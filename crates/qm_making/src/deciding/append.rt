// Bytes are added to a file: what is decided.
ghost use Rattle.std.specs.Prelude.{◌≡◌, ℕ, List, length, IsSome};
ghost use Rattle.qm_model.specs.Common.{refused_as_named, append_refusal, file_named};
ghost use Rattle.qm_image.specs.Image.{system_of};
ghost use Rattle.qm_kinds.specs.declared.request.Request.TheVariants as request;
ghost use Rattle.qm_image.specs.Deciding.{Prepares, Takes};

use qm_image::{Change, Image, Refused};
use qm_kinds::{FileName, Refusal};
use qm_rules::{Named, first_refusal, refused_by_entry, refused_where};
use std::alloc::AllocError;

/// The refusal that names the least entry of those that name the file. The entries are looked at only where there is one.
#[tactic(auto, unfolding(qm_image::specs::Image::system_of))]
pub(crate) fn refused_as_named(image: &Image, name: &FileName) -> Option<Refusal>
    ensures { result ≡ refused_as_named name.now (system_of image.now).entries }
{
    if image.spool.count(name) == 0 {
        return None;
    }
    refused_by_entry(image.parts.entries(), &Named::File(name))
}

/// Why so many bytes for the file are refused.
#[tactic(auto, unfolding(qm_image::specs::Image::system_of))]
pub(crate) fn append_refusal(image: &Image, name: &FileName, more: usize) -> Option<Refusal>
    ensures { (bytes : List ℕ) → length bytes ≡ more → result ≡ append_refusal (system_of image.now) name.now bytes }
{
    let refusals = [
        refused_as_named(image, name),
        refused_where(image.spool.is_full_for(name, more), Refusal::SpoolFull),
    ];
    first_refusal(&refusals)
}

// Takes room for more bytes of a file that is there.
#[tactic(auto, unfolding(qm_image::specs::Image::system_of))]
fn take_more<'a>(
    image: &mut Image,
    name: &FileName,
    bytes: &'a [u8],
) -> Result<Change<'a>, AllocError>
    requires there { IsSome (file_named name.now image.old.spool.files) }
    requires accepted { append_refusal (system_of image.old) name.now bytes.now ≡ None }
    ensures { Takes (request.Append name.now bytes.now) image.old image.new result }
{
    image.spool.reserve_bytes(name, bytes.len())?;
    Ok(Change::MoreBytes { name: *name, bytes })
}

/// Takes the memory of a new file that has these very bytes.
#[tactic(auto, unfolding(qm_image::specs::Image::system_of))]
pub(crate) fn take_file_of<'a>(
    image: &mut Image,
    name: &FileName,
    bytes: Vec<u8>,
) -> Result<Change<'a>, AllocError>
    requires absent { file_named name.now image.old.spool.files ≡ None }
    requires accepted { append_refusal (system_of image.old) name.now bytes.items ≡ None }
    ensures { Takes (request.Append name.now bytes.items) image.old image.new result }
{
    image.spool.reserve_file()?;
    Ok(Change::NewFile { name: *name, bytes })
}

// Takes the memory of a new file of these bytes.
#[tactic(auto, unfolding(qm_image::specs::Image::system_of))]
fn take_file<'a>(image: &mut Image, name: &FileName, bytes: &[u8]) -> Result<Change<'a>, AllocError>
    requires absent { file_named name.now image.old.spool.files ≡ None }
    requires accepted { append_refusal (system_of image.old) name.now bytes.now ≡ None }
    ensures { Takes (request.Append name.now bytes.now) image.old image.new result }
{
    let bytes = Vec::from_slice(image.alloc, bytes)?;
    take_file_of(image, name, bytes)
}

// Takes the memory for bytes that aren't refused.
fn take_bytes<'a>(
    image: &mut Image,
    name: &FileName,
    bytes: &'a [u8],
) -> Result<Change<'a>, AllocError>
    requires { append_refusal (system_of image.old) name.now bytes.now ≡ None }
    ensures { Takes (request.Append name.now bytes.now) image.old image.new result }
{
    if image.spool.bytes(name).is_some() {
        take_more(image, name, bytes)
    } else {
        take_file(image, name, bytes)
    }
}

/// Decides on bytes for a file, and takes the memory for them.
#[inline(never)]
pub fn prepare_append<'a>(
    image: &mut Image,
    name: &FileName,
    bytes: &'a [u8],
) -> Result<Change<'a>, Refused>
    ensures { Prepares (request.Append name.now bytes.now) image.old image.new result }
{
    if let Some(refusal) = append_refusal(image, name, bytes.len()) {
        return Err(Refused::By(refusal));
    }
    match take_bytes(image, name, bytes) {
        Ok(change) => Ok(change),
        Err(AllocError) => Err(Refused::NoMemory),
    }
}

**Task details**
What is needed is an exact copy of all the records above.

**Result for this task**
filename crates/qm_making/src/deciding/append.rt
// Bytes are added to a file: what is decided.
ghost use Rattle.std.specs.Prelude.{◌≡◌, ℕ, List, length, IsSome};
ghost use Rattle.qm_model.specs.Common.{refused_as_named, append_refusal, file_named};
ghost use Rattle.qm_image.specs.Image.{system_of};
ghost use Rattle.qm_kinds.specs.declared.request.Request.TheVariants as request;
ghost use Rattle.qm_image.specs.Deciding.{Prepares, Takes};

use qm_image::{Change, Image, Refused};
use qm_kinds::{FileName, Refusal};
use qm_rules::{Named, first_refusal, refused_by_entry, refused_where};
use std::alloc::AllocError;

/// The refusal that names the least entry of those that name the file. The entries are looked at only where there is one.
#[tactic(auto, unfolding(qm_image::specs::Image::system_of))]
pub(crate) fn refused_as_named(image: &Image, name: &FileName) -> Option<Refusal>
    ensures { result ≡ refused_as_named name.now (system_of image.now).entries }
{
    if image.spool.count(name) == 0 {
        return None;
    }
    refused_by_entry(image.parts.entries(), &Named::File(name))
}

/// Why so many bytes for the file are refused.
#[tactic(auto, unfolding(qm_image::specs::Image::system_of))]
pub(crate) fn append_refusal(image: &Image, name: &FileName, more: usize) -> Option<Refusal>
    ensures { (bytes : List ℕ) → length bytes ≡ more → result ≡ append_refusal (system_of image.now) name.now bytes }
{
    let refusals = [
        refused_as_named(image, name),
        refused_where(image.spool.is_full_for(name, more), Refusal::SpoolFull),
    ];
    first_refusal(&refusals)
}

// Takes room for more bytes of a file that is there.
#[tactic(auto, unfolding(qm_image::specs::Image::system_of))]
fn take_more<'a>(
    image: &mut Image,
    name: &FileName,
    bytes: &'a [u8],
) -> Result<Change<'a>, AllocError>
    requires there { IsSome (file_named name.now image.old.spool.files) }
    requires accepted { append_refusal (system_of image.old) name.now bytes.now ≡ None }
    ensures { Takes (request.Append name.now bytes.now) image.old image.new result }
{
    image.spool.reserve_bytes(name, bytes.len())?;
    Ok(Change::MoreBytes { name: *name, bytes })
}

/// Takes the memory of a new file that has these very bytes.
#[tactic(auto, unfolding(qm_image::specs::Image::system_of))]
pub(crate) fn take_file_of<'a>(
    image: &mut Image,
    name: &FileName,
    bytes: Vec<u8>,
) -> Result<Change<'a>, AllocError>
    requires absent { file_named name.now image.old.spool.files ≡ None }
    requires accepted { append_refusal (system_of image.old) name.now bytes.items ≡ None }
    ensures { Takes (request.Append name.now bytes.items) image.old image.new result }
{
    image.spool.reserve_file()?;
    Ok(Change::NewFile { name: *name, bytes })
}

// Takes the memory of a new file of these bytes.
#[tactic(auto, unfolding(qm_image::specs::Image::system_of))]
fn take_file<'a>(image: &mut Image, name: &FileName, bytes: &[u8]) -> Result<Change<'a>, AllocError>
    requires absent { file_named name.now image.old.spool.files ≡ None }
    requires accepted { append_refusal (system_of image.old) name.now bytes.now ≡ None }
    ensures { Takes (request.Append name.now bytes.now) image.old image.new result }
{
    let bytes = Vec::from_slice(image.alloc, bytes)?;
    take_file_of(image, name, bytes)
}

// Takes the memory for bytes that aren't refused.
fn take_bytes<'a>(
    image: &mut Image,
    name: &FileName,
    bytes: &'a [u8],
) -> Result<Change<'a>, AllocError>
    requires { append_refusal (system_of image.old) name.now bytes.now ≡ None }
    ensures { Takes (request.Append name.now bytes.now) image.old image.new result }
{
    if image.spool.bytes(name).is_some() {
        take_more(image, name, bytes)
    } else {
        take_file(image, name, bytes)
    }
}

/// Decides on bytes for a file, and takes the memory for them.
#[inline(never)]
pub fn prepare_append<'a>(
    image: &mut Image,
    name: &FileName,
    bytes: &'a [u8],
) -> Result<Change<'a>, Refused>
    ensures { Prepares (request.Append name.now bytes.now) image.old image.new result }
{
    if let Some(refusal) = append_refusal(image, name, bytes.len()) {
        return Err(Refused::By(refusal));
    }
    match take_bytes(image, name, bytes) {
        Ok(change) => Ok(change),
        Err(AllocError) => Err(Refused::NoMemory),
    }
}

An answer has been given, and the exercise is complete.